The area under receiver operating characteristic curve for CAD-NBI was 0.9761. For the validation dataset, the sensitivity, specificity, accuracy, positive predictive value, and negative predictive value of CAD-NBI were 91.0%, 96.7%, 94.3%, 95.3%, and 93.6%, respectively, while those of CAD-WLI were 98.5%, 83.1%, 89.5%, 80.8%, and 98.7%, respectively. CAD-NBI showed superior accuracy and specificity than CAD-WLI (P = 0.028 and P ≤ 0.001, respectively), while CAD-WLI had higher sensitivity than CAD-NBI (P = 0.006).
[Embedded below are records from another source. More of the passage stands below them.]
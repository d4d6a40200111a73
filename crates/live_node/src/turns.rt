// The turns of a live node.
ghost use Rattle.std.specs.Prelude.{◌≡◌, ◌<◌, ◌≤◌, ◌++◌, [], ℕ, List, length, MatchResult};
ghost use Rattle.mav_frame.specs.declared.events.Event.{Event};
ghost use Rattle.mav_sign.specs.Streams.{reader_of};
ghost use Rattle.node_reports.specs.Nodes.{Node};
ghost use Rattle.live_node.specs.Nodes.{HasHeard, end_of};
ghost use Rattle.live_node.specs.Calls.{LiveCall};
ghost use Rattle.live_node.specs.Ports.{SameRead, IsRunEnd};
ghost use Rattle.live_node.specs.Runs.{Outside, Ends, outside, stores_of};
ghost use Rattle.live_node.specs.Turns.{Turn};
ghost use Rattle.live_node.specs.Progress.{Output, CallDone, CallStopped, WaitDone, WaitStopped, HeardPiece};
ghost use Rattle.live_node.specs.Progress.{PieceStopped, Between, Turned, TurnStops, due_call};

use crate::ends::end_by;
use crate::nodes::{Due, LiveNode};
use crate::run_log::RunLog;
use mav_links::Link;
use mav_ports::{Clock, Got, Sink};
use plan_store::Keeper;
use run_status::{LiveEnd, RunEnd};

/// A read asks for so many bytes.
pub(crate) const PIECE_BYTES: usize = 4096;

/// A call that is due, and what it tells.
pub(crate) fn call<L: Link, K: Sink, C: Clock, S: Keeper>(
    live: &mut LiveNode,
    run_log: &mut RunLog,
    due: Due,
    link: &mut L,
    out: &mut K,
    clock: &mut C,
    keeper: &mut S,
) -> Result<(), RunEnd>
    ensures did { (before : S) (start : Node) (made : List LiveCall) (first : Outside)
        → Output (stores_of S.faults S.is_infallible S.contents) before keeper.old start made live.old run_log.old
        first
        (outside (L.state link.old) (K.sent out.old) (C.always clock.old))
        → MatchResult result
        (λ _. CallDone (stores_of S.faults S.is_infallible S.contents) before keeper.new start made
        (due_call due) live.new run_log.new first (outside (L.state link.new) (K.sent out.new) (C.always clock.new)))
        (λ end. CallStopped (stores_of S.faults S.is_infallible S.contents) before keeper.new end start made
        (due_call due) first (outside (L.state link.new) (K.sent out.new) (C.always clock.new))) }
    ensures unread { SameRead (L.state link.old) (L.state link.new) }
    ensures reader { reader_of (end_of live.new).endpoint ≡ reader_of (end_of live.old).endpoint }
    ensures ends { Ends IsRunEnd result (outside (L.state link.old) (K.sent out.old) (C.always clock.old))
        (outside (L.state link.new) (K.sent out.new) (C.always clock.new)) (K.faults out.old) (K.faults out.new) }
{
    let now = clock.now();
    match live.call(run_log.alloc, due, now, keeper) {
        Ok(news) => {
            run_log.count(due);
            run_log.tell(live.params(), link, out, &news)
        }
        Err(fault) => Err(end_by(fault)),
    }
}

/// Time passes: a tick, a heartbeat, and a tick of a drone's simulator.
pub(crate) fn wait<L: Link, K: Sink, C: Clock, S: Keeper>(
    live: &mut LiveNode,
    run_log: &mut RunLog,
    link: &mut L,
    out: &mut K,
    clock: &mut C,
    keeper: &mut S,
) -> Result<(), RunEnd>
    ensures did { (before : S) (start : Node) (made : List LiveCall) (first : Outside)
        → Output (stores_of S.faults S.is_infallible S.contents) before keeper.old start made live.old run_log.old
        first
        (outside (L.state link.old) (K.sent out.old) (C.always clock.old))
        → MatchResult result
        (λ _. WaitDone (stores_of S.faults S.is_infallible S.contents) before keeper.new start made live.new
        run_log.new
        first (outside (L.state link.new) (K.sent out.new) (C.always clock.new)))
        (λ end. WaitStopped (stores_of S.faults S.is_infallible S.contents) before keeper.new end start made first
        (outside (L.state link.new) (K.sent out.new) (C.always clock.new))) }
    ensures unread { SameRead (L.state link.old) (L.state link.new) }
    ensures reader { reader_of (end_of live.new).endpoint ≡ reader_of (end_of live.old).endpoint }
    ensures ends { Ends IsRunEnd result (outside (L.state link.old) (K.sent out.old) (C.always clock.old))
        (outside (L.state link.new) (K.sent out.new) (C.always clock.new)) (K.faults out.old) (K.faults out.new) }
{
    call(live, run_log, Due::Tick, link, out, clock, keeper)?;
    call(live, run_log, Due::Heartbeat, link, out, clock, keeper)?;
    call(live, run_log, Due::Sim, link, out, clock, keeper)
}

// A piece was read.
fn hear<L: Link, K: Sink, C: Clock, S: Keeper>(
    live: &mut LiveNode,
    run_log: &mut RunLog,
    piece: &[u8],
    link: &mut L,
    out: &mut K,
    clock: &mut C,
    keeper: &mut S,
) -> Result<(), RunEnd>
    ensures did { (before : S) (start : Node) (made : List LiveCall) (first : Outside) (extras : List (ℕ × ℕ))
        (taken : List ℕ) (given : List Event)
        → Output (stores_of S.faults S.is_infallible S.contents) before keeper.old start made live.old run_log.old
        first
        (outside (L.state link.old) (K.sent out.old) (C.always clock.old)) → (end_of live.old).endpoint.extras ≡ extras
        → HasHeard taken given live.old
        → MatchResult result
        (λ _. HeardPiece (stores_of S.faults S.is_infallible S.contents) before keeper.new extras start made
        (taken ++ piece.now) given live.new run_log.new first
        (outside (L.state link.new) (K.sent out.new) (C.always clock.new)))
        (λ end. PieceStopped (stores_of S.faults S.is_infallible S.contents) before keeper.new end extras taken given
        piece.now start made first (outside (L.state link.new) (K.sent out.new) (C.always clock.new))) }
    ensures unread { SameRead (L.state link.old) (L.state link.new) }
    ensures ends { Ends IsRunEnd result (outside (L.state link.old) (K.sent out.old) (C.always clock.old))
        (outside (L.state link.new) (K.sent out.new) (C.always clock.new)) (K.faults out.old) (K.faults out.new) }
{
    let now = clock.now();
    match live.part(piece, now, keeper) {
        Ok(news) => run_log.tell(live.params(), link, out, &news),
        Err(fault) => Err(end_by(fault)),
    }
}

/// One read, and what it leads to. Returns whether the link hasn't ended.
pub(crate) fn turn<L: Link, K: Sink, C: Clock, S: Keeper>(
    live: &mut LiveNode,
    run_log: &mut RunLog,
    buf: &mut [u8],
    link: &mut L,
    out: &mut K,
    clock: &mut C,
    keeper: &mut S,
) -> Result<bool, RunEnd>
    requires least { 0 < length buf.old }
    requires most { length buf.old ≤ 4096 }
    ensures did { (before : S) (start : Node) (opening : List LiveCall) (turns : List Turn) (first : Outside)
        → Between (stores_of S.faults S.is_infallible S.contents) before keeper.old start opening turns [] live.old
        run_log.old first (outside (L.state link.old) (K.sent out.old) (C.always clock.old))
        → MatchResult result
        (λ goes_on. Turned goes_on (stores_of S.faults S.is_infallible S.contents) before keeper.new start opening
        turns
        live.new run_log.new first (outside (L.state link.new) (K.sent out.new) (C.always clock.new)))
        (λ end. TurnStops (stores_of S.faults S.is_infallible S.contents) before keeper.new end start opening turns
        first (outside (L.state link.new) (K.sent out.new) (C.always clock.new))) }
    ensures ends { Ends IsRunEnd result (outside (L.state link.old) (K.sent out.old) (C.always clock.old))
        (outside (L.state link.new) (K.sent out.new) (C.always clock.new)) (K.faults out.old) (K.faults out.new) }
{
    match link.read(buf) {
        Got::Bytes(count) => match hear(live, run_log, &buf[..count], link, out, clock, keeper) {
            Ok(()) => Ok(true),
            Err(end) => Err(end),
        },
        Got::Idle => match wait(live, run_log, link, out, clock, keeper) {
            Ok(()) => Ok(true),
            Err(end) => Err(end),
        },
        Got::End => Ok(false),
        Got::Failed => Err(RunEnd::Live(LiveEnd::PortFault)),
    }
}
By using both CAD-WLI and CAD-NBI, the endoscopists could improve their diagnostic efficacy to the highest level, with accuracy, sensitivity, and specificity of 94.9%, 92.4%, and 96.7%, respectively.

Research conclusions

The CAD-NBI system for screening early ESCC has higher accuracy and specificity than CAD-WLI. Endoscopists can achieve the best diagnostic efficacy by using both CAD-WLI and CAD-NBI.

Research perspectives

According to the results, the two CAD systems had different advantages in avoiding missed diagnosis and excessive biopsy, which could help endoscopists, especially those with less experience, in screening of early ESCC more efficiently. As the two CAD systems have unique characteristics, we plan to develop a multichannel deep neural network to extract and combine the features of NBI and WLI simultaneously in our future work.